◆ **Activity**: In the records below, begin at the line that has "if let Some(part)" and stop after the line that has "for step in"; quote those lines verbatim and nothing more.

◆ **Dataset entries**:
◆ ◆ ◆ ◆ ◆
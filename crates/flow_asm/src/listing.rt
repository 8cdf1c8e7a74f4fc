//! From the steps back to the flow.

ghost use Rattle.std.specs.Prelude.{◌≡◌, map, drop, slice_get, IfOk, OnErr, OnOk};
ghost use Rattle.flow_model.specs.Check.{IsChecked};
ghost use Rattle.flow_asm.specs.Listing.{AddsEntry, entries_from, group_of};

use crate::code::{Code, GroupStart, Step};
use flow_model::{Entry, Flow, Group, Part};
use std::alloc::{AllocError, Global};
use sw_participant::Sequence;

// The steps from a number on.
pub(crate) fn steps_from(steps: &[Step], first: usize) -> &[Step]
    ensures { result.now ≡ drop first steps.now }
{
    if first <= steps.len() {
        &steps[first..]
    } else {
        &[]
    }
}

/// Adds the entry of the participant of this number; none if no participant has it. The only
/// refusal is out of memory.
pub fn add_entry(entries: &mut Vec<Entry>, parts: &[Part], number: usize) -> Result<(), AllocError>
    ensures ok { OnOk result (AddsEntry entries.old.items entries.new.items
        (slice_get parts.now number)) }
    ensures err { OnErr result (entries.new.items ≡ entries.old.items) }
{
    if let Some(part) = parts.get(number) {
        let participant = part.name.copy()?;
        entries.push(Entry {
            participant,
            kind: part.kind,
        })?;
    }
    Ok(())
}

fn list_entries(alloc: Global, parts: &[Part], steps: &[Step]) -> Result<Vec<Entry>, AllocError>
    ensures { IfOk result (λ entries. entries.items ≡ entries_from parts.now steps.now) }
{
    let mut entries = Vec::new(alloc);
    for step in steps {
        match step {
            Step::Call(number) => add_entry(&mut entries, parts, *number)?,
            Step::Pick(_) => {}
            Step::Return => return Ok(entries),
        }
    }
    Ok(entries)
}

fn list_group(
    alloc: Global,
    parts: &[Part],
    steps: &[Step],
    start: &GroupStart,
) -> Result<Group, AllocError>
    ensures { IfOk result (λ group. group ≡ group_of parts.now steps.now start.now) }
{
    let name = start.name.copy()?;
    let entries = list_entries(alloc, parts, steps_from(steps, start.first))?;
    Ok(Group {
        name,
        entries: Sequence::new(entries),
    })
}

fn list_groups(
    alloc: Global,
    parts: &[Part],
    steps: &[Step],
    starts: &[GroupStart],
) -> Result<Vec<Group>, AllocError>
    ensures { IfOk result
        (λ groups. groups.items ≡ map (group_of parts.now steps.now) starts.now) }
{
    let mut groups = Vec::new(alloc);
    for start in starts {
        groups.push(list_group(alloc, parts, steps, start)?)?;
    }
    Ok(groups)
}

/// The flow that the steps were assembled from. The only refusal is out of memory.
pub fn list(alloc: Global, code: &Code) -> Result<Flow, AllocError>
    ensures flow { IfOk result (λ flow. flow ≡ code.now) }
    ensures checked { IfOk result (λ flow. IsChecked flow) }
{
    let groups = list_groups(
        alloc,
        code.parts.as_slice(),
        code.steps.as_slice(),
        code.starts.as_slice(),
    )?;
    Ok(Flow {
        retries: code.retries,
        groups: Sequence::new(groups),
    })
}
◆ ◆ ◆ ◆ ◆
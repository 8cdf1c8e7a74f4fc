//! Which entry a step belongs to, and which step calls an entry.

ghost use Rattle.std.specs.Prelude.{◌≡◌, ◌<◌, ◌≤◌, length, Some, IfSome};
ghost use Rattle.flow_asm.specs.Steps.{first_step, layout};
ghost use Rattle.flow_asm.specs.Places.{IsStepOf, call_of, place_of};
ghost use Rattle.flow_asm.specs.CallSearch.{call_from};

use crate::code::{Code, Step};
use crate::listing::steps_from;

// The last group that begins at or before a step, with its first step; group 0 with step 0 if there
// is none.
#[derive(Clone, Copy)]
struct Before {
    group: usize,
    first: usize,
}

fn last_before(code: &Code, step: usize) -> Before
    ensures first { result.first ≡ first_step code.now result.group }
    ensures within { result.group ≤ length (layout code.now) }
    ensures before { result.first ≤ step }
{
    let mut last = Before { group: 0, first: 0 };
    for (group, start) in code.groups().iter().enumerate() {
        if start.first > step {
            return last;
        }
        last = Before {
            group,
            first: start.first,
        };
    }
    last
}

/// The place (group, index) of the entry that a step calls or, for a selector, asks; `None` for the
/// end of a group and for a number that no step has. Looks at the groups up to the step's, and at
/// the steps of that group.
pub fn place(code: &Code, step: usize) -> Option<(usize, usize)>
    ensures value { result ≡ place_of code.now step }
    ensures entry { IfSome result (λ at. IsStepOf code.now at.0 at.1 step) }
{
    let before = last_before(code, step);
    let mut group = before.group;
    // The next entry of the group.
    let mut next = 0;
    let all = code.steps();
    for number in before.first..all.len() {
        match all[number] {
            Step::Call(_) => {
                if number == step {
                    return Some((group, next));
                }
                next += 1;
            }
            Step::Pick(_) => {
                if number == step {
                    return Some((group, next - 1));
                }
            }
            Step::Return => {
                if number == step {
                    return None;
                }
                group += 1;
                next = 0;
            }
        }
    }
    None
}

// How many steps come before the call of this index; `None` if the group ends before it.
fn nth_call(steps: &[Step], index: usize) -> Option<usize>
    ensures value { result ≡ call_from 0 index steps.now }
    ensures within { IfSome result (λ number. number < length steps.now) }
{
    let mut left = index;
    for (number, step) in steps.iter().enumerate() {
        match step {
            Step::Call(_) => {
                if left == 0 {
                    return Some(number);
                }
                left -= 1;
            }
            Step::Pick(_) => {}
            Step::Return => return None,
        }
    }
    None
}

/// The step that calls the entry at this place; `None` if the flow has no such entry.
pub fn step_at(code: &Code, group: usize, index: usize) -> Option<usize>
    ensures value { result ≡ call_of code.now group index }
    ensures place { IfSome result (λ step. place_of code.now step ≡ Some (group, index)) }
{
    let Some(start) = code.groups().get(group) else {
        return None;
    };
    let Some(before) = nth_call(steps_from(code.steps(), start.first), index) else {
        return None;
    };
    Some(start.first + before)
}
◆ ◆ ◆ ◆ ◆
◆ **Worked solution**:
    if let Some(part) = parts.get(number) {
        let participant = part.name.copy()?;
        entries.push(Entry {
            participant,
            kind: part.kind,
        })?;
    }
    Ok(())
}

fn list_entries(alloc: Global, parts: &[Part], steps: &[Step]) -> Result<Vec<Entry>, AllocError>
    ensures { IfOk result (λ entries. entries.items ≡ entries_from parts.now steps.now) }
{
    let mut entries = Vec::new(alloc);
    for step in steps {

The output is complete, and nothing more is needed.